◆ Exercise requirements: Both the line with "pub type NamedFilters" and the line with "v. spec.IsVerified (spec.GivesText" in the records below must appear in the output, along with every line between them, exactly and with nothing added.

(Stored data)
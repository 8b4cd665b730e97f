//! The first word of a command.
ghost use Rattle.std.specs.Prelude.{◌≡◌};
ghost use Rattle.operator_cmds.specs.Verbs as spec;

use line_protocol::{Spelled, first_spelled};

/// What a command does, as its first word says.
#[derive(Clone, Copy, PartialEq, Eq)]
pub enum Verb {
    /// `network`
    Network,
    /// `prefix`
    Prefix,
    /// `load`
    Load,
    /// `code`
    Code,
    /// `import`
    Import,
    /// `export`
    Export,
    /// `up`
    Up,
    /// `down`
    Down,
    /// `recv`
    Receive,
    /// `take`
    Take,
    /// `show`
    Show,
    /// `routes`
    Routes,
    /// `neighbours`
    Neighbours,
    /// `told`
    Told,
    /// `history`
    History,
}

/// All of them.
pub static VERBS: [Verb; 15] = [
    Verb::Network,
    Verb::Prefix,
    Verb::Load,
    Verb::Code,
    Verb::Import,
    Verb::Export,
    Verb::Up,
    Verb::Down,
    Verb::Receive,
    Verb::Take,
    Verb::Show,
    Verb::Routes,
    Verb::Neighbours,
    Verb::Told,
    Verb::History,
];

impl Spelled for Verb {
    ghost use Rattle.operator_cmds.specs.Verbs.{verb_text};

    ghost spelling = { verb_text };

    fn text(&self) -> &'static str {
        match self {
            Verb::Network => "network",
            Verb::Prefix => "prefix",
            Verb::Load => "load",
            Verb::Code => "code",
            Verb::Import => "import",
            Verb::Export => "export",
            Verb::Up => "up",
            Verb::Down => "down",
            Verb::Receive => "recv",
            Verb::Take => "take",
            Verb::Show => "show",
            Verb::Routes => "routes",
            Verb::Neighbours => "neighbours",
            Verb::Told => "told",
            Verb::History => "history",
        }
    }
}

/// The verb that is written so. Those of the events that a script has most often, but for those of `read_plain`, are found at once.
#[tactic(auto, unfolding(crate::specs::Verbs::verb_in))]
pub(crate) fn read_verb(word: &[u8]) -> Option<Verb>
    ensures { spec.verb_in word.now ≡ result }
{
    match word {
        [b'u', b'p'] => Some(Verb::Up),
        [b'd', b'o', b'w', b'n'] => Some(Verb::Down),
        [b'i', b'm', b'p', b'o', b'r', b't'] => Some(Verb::Import),
        [b'e', b'x', b'p', b'o', b'r', b't'] => Some(Verb::Export),
        _ => first_spelled(&VERBS, word),
    }
}
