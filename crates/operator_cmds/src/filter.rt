//! The filters of a script: sources that are verified, and get names.
ghost use Rattle.std.specs.Prelude.{◌≡◌, IfErr, IfOk, OnErr, OnOk};
ghost use Rattle.std.specs.Io.{StartsWith};
ghost use Rattle.filter_source.specs.Failures.{OnDiagnosis};
ghost use Rattle.operator_cmds.specs.Replies.{Answers};
ghost use Rattle.operator_cmds.specs.Script as spec;
ghost use Rattle.operator_cmds.specs.State.{filter_at};

use crate::reply::refuse;
use filter_source::{
    CompiledSource, Diagnosis, Failure, compile_text_mapped, push_verified, read_file, verify_code,
    verify_mapped,
};
use filter_verifier::Verified;
use line_protocol::LineReply;
use std::alloc::{AllocError, Global};
use std::collections::BTreeMap;
use std::sync::Arc;

/// The filters of a script by their names, in the names' order: no choice of names makes it slow to find one.
pub type NamedFilters = BTreeMap<Vec<u8>, Arc<Verified>>;

/// What a filter is made of.
#[derive(Clone, Copy)]
pub enum FilterSource<'a> {
    /// A text.
    Text(&'a [u8]),
    /// The bytes of a code file.
    File(&'a [u8]),
}

/// The verified code of a filter's text, for domains of a size.
pub fn verify_text(alloc: Global, text: &[u8], size: u16) -> Result<Verified, Failure>
    ensures verified { IfOk result (λ v. spec.IsVerified (spec.GivesText text.now) size v) }
    ensures refused { IfErr result (OnDiagnosis (spec.IsTextDiagnosis text.now size)) }
{
    let CompiledSource { code, places, .. } = compile_text_mapped(alloc, text)?;
    verify_mapped(alloc, code, places.as_slice(), u32::from(size))
}

/// The verified code of a code file, for domains of a size.
fn verify_file(alloc: Global, bytes: &[u8], size: u16) -> Result<Verified, Failure>
    ensures verified { IfOk result (λ v. spec.IsVerified (spec.GivesFile bytes.now) size v) }
    ensures refused { IfErr result (OnDiagnosis (spec.IsFileDiagnosis bytes.now size)) }
{
    verify_code(alloc, read_file(alloc, bytes)?, u32::from(size))
}

/// The verified code of a source, for domains of a size.
fn verify_source(alloc: Global, source: FilterSource<'_>, size: u16) -> Result<Verified, Failure>
    ensures verified { IfOk result (λ v. spec.IsVerified (spec.gives source.entry) size v) }
    ensures refused { IfErr result (OnDiagnosis (spec.diagnoses source.entry size)) }
{
    match source {
        FilterSource::Text(text) => verify_text(alloc, text, size),
        FilterSource::File(bytes) => verify_file(alloc, bytes, size),
    }
}

/// Gives a filter a name, which the filter that had it loses.
pub fn give_name(
    alloc: Global,
    filters: &mut NamedFilters,
    name: &[u8],
    filter: Arc<Verified>,
) -> Result<(), AllocError>
    ensures ok { OnOk result (spec.GetsName name.now filter.value (filter_at filters.old) (filter_at filters.new)) }
    ensures err { OnErr result (filters.new.entries ≡ filters.old.entries) }
{
    filters.insert(Vec::from_slice(alloc, name)?, filter)?;
    Ok(())
}

/// Answers `load` and `code`: a source is verified for domains of a size, and gets a name. A refused one leaves the filter that the name
/// has, and what is told of it is kept in `diagnosis`, which a verified one leaves.
pub fn name_source(
    alloc: Global,
    filters: &mut NamedFilters,
    number: u32,
    name: &[u8],
    source: FilterSource<'_>,
    size: u16,
    diagnosis: &mut Option<Diagnosis>,
    out: &mut Vec<u8>,
) -> Result<LineReply, AllocError>
    ensures ok { IfOk result (Answers (λ answer. spec.AnswersSource (spec.gives source.entry) (spec.lacks source.entry) size number name.now
        (filter_at filters.old) answer (filter_at filters.new)) out.old.items out.new.items) }
    ensures diagnosis { IfOk result (Answers (λ answer. spec.TellsSource (spec.diagnoses source.entry size) number diagnosis.old answer diagnosis.new)
        out.old.items out.new.items) }
    ensures err { OnErr result (StartsWith out.new.items out.old.items) }
    ensures left { OnErr result (filters.new.entries ≡ filters.old.entries) }
    ensures untold { OnErr result (diagnosis.new ≡ diagnosis.old) }
{
    match verify_source(alloc, source, size) {
        Ok(filter) => {
            push_verified(out, &filter)?;
            give_name(alloc, filters, name, Arc::new(alloc, filter)?)?;
            Ok(LineReply::Answered)
        }
        Err(Failure::Refused(refused)) => {
            let why = refused.refusal;
            let reply = refuse(out, why.code(), why.place_in_line(number))?;
            *diagnosis = Some(refused);
            Ok(reply)
        }
        Err(Failure::Memory) => Err(AllocError),
    }
}
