//! What holds of every script.
ghost use Rattle.std.specs.Prelude.{ℕ, List, Option};
ghost use Rattle.line_protocol.specs.Answers.{Answer};
ghost use Rattle.line_protocol.specs.Runs.{Runs};
ghost use Rattle.operator_cmds.specs.Alike.{AreAlike, AreAlikeAnswers, AreAnsweredAlike, AreWrittenAlike};
ghost use Rattle.operator_cmds.specs.Running.{IsCarriedOut};
ghost use Rattle.operator_cmds.specs.Entries.{GoesOn};
ghost use Rattle.operator_cmds.specs.Script.{AnswersLine, ScriptView};

/// A line makes at most one entry, the last one, whatever it is; and a journal that is open stays so, with the same opening. So who
/// writes the new entry after each line has written the history.
pub fn one_line_one_entry()
    ensures { (before after : ScriptView) (number : ℕ) (line : List ℕ) (answer : Answer) → AnswersLine before number line answer after →
        GoesOn before.stage after.stage }
{}

/// Two scripts that have come equally far answer a line alike, and have come equally far after it; so two runs of one script have equal
/// answers to each line, or both refuse it with a P code, or both with a Y code: which of the faults of a filter's text is named is
/// left open, and nothing else is.
pub fn two_runs_are_answered_alike()
    ensures line { (one other after later : ScriptView) (number : ℕ) (line : List ℕ) (answer reply : Answer) → AreAlike one other
        → AnswersLine one number line answer after → AnswersLine other number line reply later
        → AreAlikeAnswers number answer reply × AreAlike after later }
    ensures runs { (lines : List (ℕ × List ℕ)) (given told : List Answer) (one other after later : ScriptView) → AreAlike one other
        → Runs AnswersLine one lines given after → Runs AnswersLine other lines told later
        → AreAnsweredAlike lines given told × AreAlike after later }
    ensures scripts { (input : List ℕ) (left rest held holds had has : Option (List ℕ)) (refused count : ℕ)
        → IsCarriedOut input left held holds refused → IsCarriedOut input rest had has count → AreWrittenAlike input held holds had has }
{}
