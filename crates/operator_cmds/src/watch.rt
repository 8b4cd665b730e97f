//! Who watches a script: they are shown each line that it refuses.

use crate::filter::NamedFilters;
use filter_source::Diagnosis;
use std::alloc::Global;

/// A line of a script that is refused, and what the script knows.
#[derive(Clone, Copy)]
pub struct RefusedLine<'a> {
    /// Its number, from 1.
    pub number: u32,
    /// The line.
    pub line: &'a [u8],
    /// The line that answers it, with the line feed. It is written later.
    pub answer: &'a [u8],
    /// The number of nodes of the domain, if one is set up.
    pub size: Option<u16>,
    /// The filters that have names, if there can be any yet.
    pub filters: Option<&'a NamedFilters>,
    /// What is told of the last filter that was refused: of the one that this line gives, if the answer refuses that.
    pub diagnosis: Option<Diagnosis>,
}

/// Somebody who watches a script.
pub trait Watch {
    /// Is shown a line that is refused.
    fn see_refused(&mut self, alloc: Global, refused: &RefusedLine<'_>);
}

/// Nobody watches.
#[derive(Drop)]
pub struct NoWatcher;

impl Watch for NoWatcher {
    fn see_refused(&mut self, _alloc: Global, _refused: &RefusedLine<'_>) {}
}
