//! Lines in the usual spelling, which most lines of a script have: one space between words, and numbers of at most three digits.
//! They are read in one pass.
ghost use Rattle.std.specs.Prelude.{◌≡◌, List, ℕ, [], ◌∷◌, ◌++◌, IfSome, IsSome, IsSomeAnd, Ok};
ghost use Rattle.line_protocol.specs.Words.{words};
ghost use Rattle.prefix_patterns.specs.Leading.{BeginsWith, IsUsualNumber};
ghost use Rattle.operator_cmds.specs.Commands.{command_in, node_in, receive_of};
ghost use Rattle.operator_cmds.specs.PlainLines as spec;
ghost use Rattle.operator_cmds.specs.WordLists.{one_of, three_of};

use line_protocol::LINE_LIMIT;
use prefix_patterns::{after_byte, leading_number};

/// A command of a line in the usual spelling. Contracts see it as a `CommandView`.
#[derive(Clone, Copy)]
pub enum PlainCommand {
    /// `recv W V D`
    Receive(u16, u16, u16),
    /// `take W`
    Take(u16),
    /// `show V`
    Show(u16),
}

/// The number that is all of a text.
#[inline(always)]
fn last_number(text: &[u8]) -> Option<u16>
    ensures number { IfSome result (λ n. spec.BeginsWithNumber text.now n []) }
    ensures usual { IsUsualNumber text.now → IsSome result }
{
    let Some((n, rest)) = leading_number(text) else {
        return None;
    };
    if !rest.is_empty() {
        return None;
    }
    Some(n as u16)
}

/// The number that a text begins with, and what follows the space after it.
#[inline(always)]
fn next_number(text: &[u8]) -> Option<(u16, &[u8])>
    ensures number { IfSome result (λ cut. spec.BeginsWithNumber text.now cut.0 (words cut.1.now)) }
    ensures usual { (rest : List ℕ) → BeginsWith IsUsualNumber text.now (32 ∷ rest) → IsSomeAnd result (λ cut. cut.1.now ≡ rest) }
{
    let Some((n, rest)) = leading_number(text) else {
        return None;
    };
    let Some(rest) = after_byte(rest, b' ') else {
        return None;
    };
    Some((n as u16, rest))
}

/// The command `recv` by the text after its first word.
#[inline(always)]
fn read_receive(text: &[u8]) -> Option<PlainCommand>
    ensures command { IfSome result (λ plain. receive_of (three_of (words text.now)) ≡ Ok (spec.plain_view plain)) }
    ensures usual { spec.AreThreeNumbers text.now → IsSome result }
{
    let Some((node, text)) = next_number(text) else {
        return None;
    };
    let Some((dest, text)) = next_number(text) else {
        return None;
    };
    let Some(dist) = last_number(text) else {
        return None;
    };
    Some(PlainCommand::Receive(node, dest, dist))
}

/// The number of a node that is all of a text.
#[inline(always)]
fn read_node(text: &[u8]) -> Option<u16>
    ensures node { IfSome result (λ node. node_in (one_of (words text.now)) ≡ Ok node) }
    ensures usual { IsUsualNumber text.now → IsSome result }
{
    last_number(text)
}

/// What follows a word of four bytes and the space after it.
#[inline(always)]
fn after_verb<'a>(line: &'a [u8], verb: &[u8; 4]) -> Option<&'a [u8]>
    ensures found { IfSome result (λ rest. line.now ≡ verb.now ++ 32 ∷ rest.now) }
    ensures any { (rest : List ℕ) → line.now ≡ verb.now ++ 32 ∷ rest → IsSomeAnd result (λ cut. cut.now ≡ rest) }
{
    if line.len() < 5 {
        return None;
    }
    let word = [line[0], line[1], line[2], line[3]];
    if u32::from_le_bytes(word) != u32::from_le_bytes(*verb) || line[4] != b' ' {
        return None;
    }
    Some(&line[5..])
}

/// The command of a line in the usual spelling, if it is `recv`, `take` or `show`.
#[inline(always)]
pub fn read_plain(line: &[u8]) -> Option<PlainCommand>
    ensures command { IfSome result (λ plain. command_in line.now ≡ Ok (spec.plain_view plain)) }
    // A line in the usual spelling is read in this one pass.
    ensures usual { spec.IsUsualLine line.now → IsSome result }
{
    if line.len() > LINE_LIMIT {
        return None;
    }
    if let Some(text) = after_verb(line, b"recv") {
        return read_receive(text);
    }
    if let Some(text) = after_verb(line, b"take") {
        return Some(PlainCommand::Take(read_node(text)?));
    }
    let text = after_verb(line, b"show")?;
    Some(PlainCommand::Show(read_node(text)?))
}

◆ Answer to this task:
pub type NamedFilters = BTreeMap<Vec<u8>, Arc<Verified>>;

/// What a filter is made of.
#[derive(Clone, Copy)]
pub enum FilterSource<'a> {
    /// A text.
    Text(&'a [u8]),
    /// The bytes of a code file.
    File(&'a [u8]),
}

/// The verified code of a filter's text, for domains of a size.
pub fn verify_text(alloc: Global, text: &[u8], size: u16) -> Result<Verified, Failure>
    ensures verified { IfOk result (λ v. spec.IsVerified (spec.GivesText text.now) size v) }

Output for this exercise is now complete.